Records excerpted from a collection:
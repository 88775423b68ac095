//! The entries of a directory that come after a name, each with its place.
ghost use Rattle.std.specs.Prelude.{◌≡◌, ◌+◌, ◌++◌, List, length, Some, None, OnOk, IfOk, IfErr, IsErrOf};
ghost use Rattle.std.specs.Option.{option_copied};
ghost use Rattle.fs_types.specs.declared.fault.Fault.TheVariants.{NoMemory, Damaged};
ghost use Rattle.nodes.specs.Faults.{IsReadFault};
ghost use Rattle.nodes.specs.Words.{LooksWithin};
ghost use Rattle.node_format.specs.Items.{Item};
ghost use Rattle.nodes.specs.Chains.{link_of, link_items, next_of, chain};
ghost use Rattle.nodes.specs.Trees.{entries_in};
ghost use Rattle.directory.specs.Places.{places_after, is_read};

use crate::lookups::MOST_AFTER;
use fs_types::{Fault, Name, Sequence, is_after};
use node_format::{Entries, EntryList, Place};
use nodes::Nodes;
use std::alloc::Global;

/// Adds those entries that come after a name, as long as there are fewer than `most`.
fn push_places(
    alloc: Global,
    list: EntryList<'_>,
    from: Option<&Name>,
    most: u64,
    places: &mut Sequence<(Name, Place)>,
) -> Result<(), Fault>
    ensures places { OnOk result ((before : List Item) → places.old ≡ places_after (option_copied from.entry) most before → places.new ≡ places_after (option_copied from.entry) most (before ++ list.entry)) }
    ensures memory { IfErr result (λ fault. fault ≡ NoMemory) }
{
    for entry in list {
        if (places.as_slice().len() as u64) < most && is_after(from, entry.name()) {
            let name = Name::new(alloc, entry.name())?;
            places.push((name, entry.place()))?;
        }
    }
    Ok(())
}

/// Adds those of the node in a block. Answers the block of the node after it, 0 where none comes.
fn add_places<N: Nodes>(
    alloc: Global,
    nodes: &mut N,
    block: u32,
    from: Option<&Name>,
    most: u64,
    places: &mut Sequence<(Name, Place)>,
) -> Result<u32, Fault>
    requires { N.is_sound nodes.old }

    // What was added.
    ensures places { OnOk result ((before : List Item) → places.old ≡ places_after (option_copied from.entry) most before → places.new ≡ places_after (option_copied from.entry) most (before ++ link_items (N.node nodes.old block))) }
    ensures next { IfOk result (λ next. next_of (N.node nodes.old block) ≡ next) }

    // Why not, and what is read.
    ensures damaged { IsErrOf result Damaged → link_of (N.node nodes.old block) ≡ None }
    ensures calls { LooksWithin N.Nodes IsReadFault 1 nodes.old result nodes.new }
    ensures reads { N.reads nodes.new ≡ N.reads nodes.old + 1 }
{
    nodes.read(block)?;
    let Some(node) = Entries::of(nodes.lent()) else {
        return Err(Fault::Damaged);
    };
    let next = node.next();
    push_places(alloc, node.list(), from, most, places)?;
    Ok(next)
}

/// Whether no node is left to be read: none comes after, or no more entries are wanted.
fn is_read(next: u32, places: &Sequence<(Name, Place)>, most: u64) -> bool
    ensures { result ≡ is_read next (length places.now) most }
{
    next == 0 || places.as_slice().len() as u64 >= most
}

/// The first `most` entries of the directory that begins in a block that come after a name, or of all
/// where none is given. Its nodes are read once each, up to that of the last of these entries.
///
/// Refused with `Damaged` only where no directory begins there, with `NoMemory`, and with what a
/// read is refused with.
pub fn places_after<N: Nodes>(
    alloc: Global,
    nodes: &mut N,
    block: u32,
    from: Option<&Name>,
    most: u64,
) -> Result<Sequence<(Name, Place)>, Fault>
    requires { N.is_sound nodes.old }

    // What was found.
    ensures places { IfOk result (λ places. (items : List Item) → entries_in (N.node nodes.old) block ≡ Some items → places ≡ places_after (option_copied from.entry) most items) }

    // Why not, and what is read.
    ensures damaged { IsErrOf result Damaged → entries_in (N.node nodes.old) block ≡ None }
    ensures calls { LooksWithin N.Nodes IsReadFault (length (chain (N.node nodes.old) block)) nodes.old result nodes.new }
{
    let mut places = Sequence::new(alloc);
    let mut next = add_places(alloc, nodes, block, from, most, &mut places)?;
    for _ in 0..MOST_AFTER {
        if is_read(next, &places, most) {
            return Ok(places);
        }
        next = add_places(alloc, nodes, next, from, most, &mut places)?;
    }
    Ok(places)
}
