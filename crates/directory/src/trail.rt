//! What a path leads to, with the directories that it goes through.
ghost use Rattle.std.specs.Prelude.{◌≡◌, ℕ, ◌+◌, ◌≤◌, ◌<◌, true, length, take, drop, slice_index_or, [], ◌∷◌, ◌++◌, Ok, Err, IfOk, IfErr};
ghost use Rattle.directory.specs.Lookups as spec;
ghost use Rattle.directory.specs.Trails.{IsTrail, IsWay};
ghost use Rattle.directory.specs.Beside.{beside_nodes};
ghost use Rattle.nodes.specs.Words.{LooksWithin};
ghost use Rattle.fs_types.specs.declared.limits.TheConstants.{MAX_NAMES};

use crate::lookups::{Found, directory_at, found_in, place_in};
use crate::moves::common_names;
use arrayvec::ArrayVec;
use fs_types::{Fault, MAX_NAMES, Path};
use nodes::Nodes;
use std::marker::Model;

/// The blocks of the directories that a path goes through, the root first: one for each name, so at
/// most 16. It takes no memory.
#[derive(Drop)]
pub struct Trail {
    blocks: ArrayVec<u32, MAX_NAMES>,
}

impl Model for Trail {
    ghost use Rattle.std.specs.Prelude.{List, ℕ};

    ghost Value = { List ℕ };

    ghost view = { λ t. t.blocks.items };
}

impl Trail {
    fn new() -> Self
        ensures { result ≡ [] }
    {
        Trail {
            blocks: ArrayVec::new(),
        }
    }

    fn push(&mut self, block: u32)
        requires { length self.old < MAX_NAMES }
        ensures { self.new ≡ self.old ++ block ∷ [] }
    {
        self.blocks.push(block);
    }

    /// The first blocks, so many.
    fn front(&self, count: usize) -> Self
        requires { count ≤ length self.now }
        ensures { result ≡ take count self.now }
    {
        let mut front = Trail::new();
        for block in &self.blocks.as_slice()[..count] {
            front.push(*block);
        }
        front
    }

    /// The block at a place; `root` where the trail has none there, as that of the root's own path.
    fn block_or(&self, place: usize, root: u32) -> u32
        ensures { result ≡ slice_index_or self.now place root }
    {
        let blocks = self.blocks.as_slice();
        if place < blocks.len() {
            blocks[place]
        } else {
            root
        }
    }

    /// The blocks, the root first.
    pub fn blocks(&self) -> &[u32]
        ensures { result.now ≡ self.now }
    {
        self.blocks.as_slice()
    }
}

/// A look-up of a path that goes on at the directory in a block, where the trail has those that were
/// gone through before: one for each of the first names.
fn find_from<N: Nodes>(
    nodes: &mut N,
    trail: Trail,
    block: u32,
    path: &Path,
) -> Result<(Found, Trail), Fault>
    requires sound { N.is_sound nodes.old }
    requires within { length trail ≤ length path.now }

    // What the names that are left lead to.
    ensures found { IfOk result (λ r. spec.look_up (N.node nodes.old) block (drop (length trail) path.now) ≡ Ok r.0) }
    ensures trail { (root : ℕ) → spec.LeadsToDirectories (N.node nodes.old) root → IsWay (N.node nodes.old) root path.now trail block → IfOk result (λ r. IsTrail (N.node nodes.old) root path.now r.1) }

    // Why not, and what is read.
    ensures refused { IfErr result (λ fault. spec.is_path_fault fault ≡ true → spec.look_up (N.node nodes.old) block (drop (length trail) path.now) ≡ Err fault) }
    ensures calls { LooksWithin N.Nodes spec.IsLookupFault (spec.way_nodes (N.node nodes.old) block (drop (length trail) path.now)) nodes.old result nodes.new }
{
    let names = path.names();
    let mut trail = trail;
    let mut block = block;
    let known = trail.blocks().len();
    for i in known..names.len() {
        let name = &names[i];
        trail.push(block);
        if i + 1 == names.len() {
            let found = found_in(nodes, block, name)?;
            return Ok((found, trail));
        }
        let place = place_in(nodes, block, name)?;
        block = directory_at(place)?;
    }
    Ok((Found::Dir { block }, trail))
}

/// What a path below a root leads to, and the directories that it goes through. Any content of the
/// nodes is looked up, directories that reach themselves too: of each directory on the way its nodes
/// are read once, at most 32, and none after the one that has the name.
///
/// Refused with `NoEntry` where a component but the last is missing, with `NotDirectory` where one
/// but the last is a file, with `Damaged` where the nodes that are read are those of no directory,
/// and with what a read is refused with.
pub fn find<N: Nodes>(nodes: &mut N, root: u32, path: &Path) -> Result<(Found, Trail), Fault>
    requires { N.is_sound nodes.old }

    // What was found.
    ensures found { IfOk result (λ r. spec.look_up (N.node nodes.old) root path.now ≡ Ok r.0) }
    ensures trail { spec.LeadsToDirectories (N.node nodes.old) root → IfOk result (λ r. IsTrail (N.node nodes.old) root path.now r.1) }

    // Why not, and what is read.
    ensures refused { IfErr result (λ fault. spec.is_path_fault fault ≡ true → spec.look_up (N.node nodes.old) root path.now ≡ Err fault) }
    ensures calls { LooksWithin N.Nodes spec.IsLookupFault (spec.way_nodes (N.node nodes.old) root path.now) nodes.old result nodes.new }
{
    find_from(nodes, Trail::new(), root, path)
}

/// What a path below a root leads to, and the directories that it goes through, as `find`, where
/// another path was looked up before: its trail tells the directories that both go through, and no
/// node of them is read again but of the one where the paths part.
///
/// Refused as `find`.
pub fn find_beside<N: Nodes>(
    nodes: &mut N,
    root: u32,
    other: &Path,
    other_trail: &Trail,
    path: &Path,
) -> Result<(Found, Trail), Fault>
    requires sound { N.is_sound nodes.old }
    requires way { IsTrail (N.node nodes.old) root other.now other_trail.now }

    // What the path leads to.
    ensures found { IfOk result (λ r. spec.look_up (N.node nodes.old) root path.now ≡ Ok r.0) }
    ensures trail { spec.LeadsToDirectories (N.node nodes.old) root → IfOk result (λ r. IsTrail (N.node nodes.old) root path.now r.1) }

    // Why not, and what is read.
    ensures refused { IfErr result (λ fault. spec.is_path_fault fault ≡ true → spec.look_up (N.node nodes.old) root path.now ≡ Err fault) }
    ensures calls { LooksWithin N.Nodes spec.IsLookupFault (beside_nodes (N.node nodes.old) root other.now other_trail.now path.now) nodes.old result nodes.new }
{
    let blocks = other_trail.blocks();
    let common = common_names(other.names(), path.names());
    let known = common.min(blocks.len().saturating_sub(1));
    let block = other_trail.block_or(known, root);
    find_from(nodes, other_trail.front(known), block, path)
}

#### Exercise instructions
Show all lines from the entries that hold "IsReadFault".

#### Solution for this exercise
ghost use Rattle.nodes.specs.Faults.{IsReadFault};
    ensures calls { LooksWithin N.Nodes IsReadFault 1 nodes.old result nodes.new }
    ensures calls { LooksWithin N.Nodes IsReadFault (length (chain (N.node nodes.old) block)) nodes.old result nodes.new }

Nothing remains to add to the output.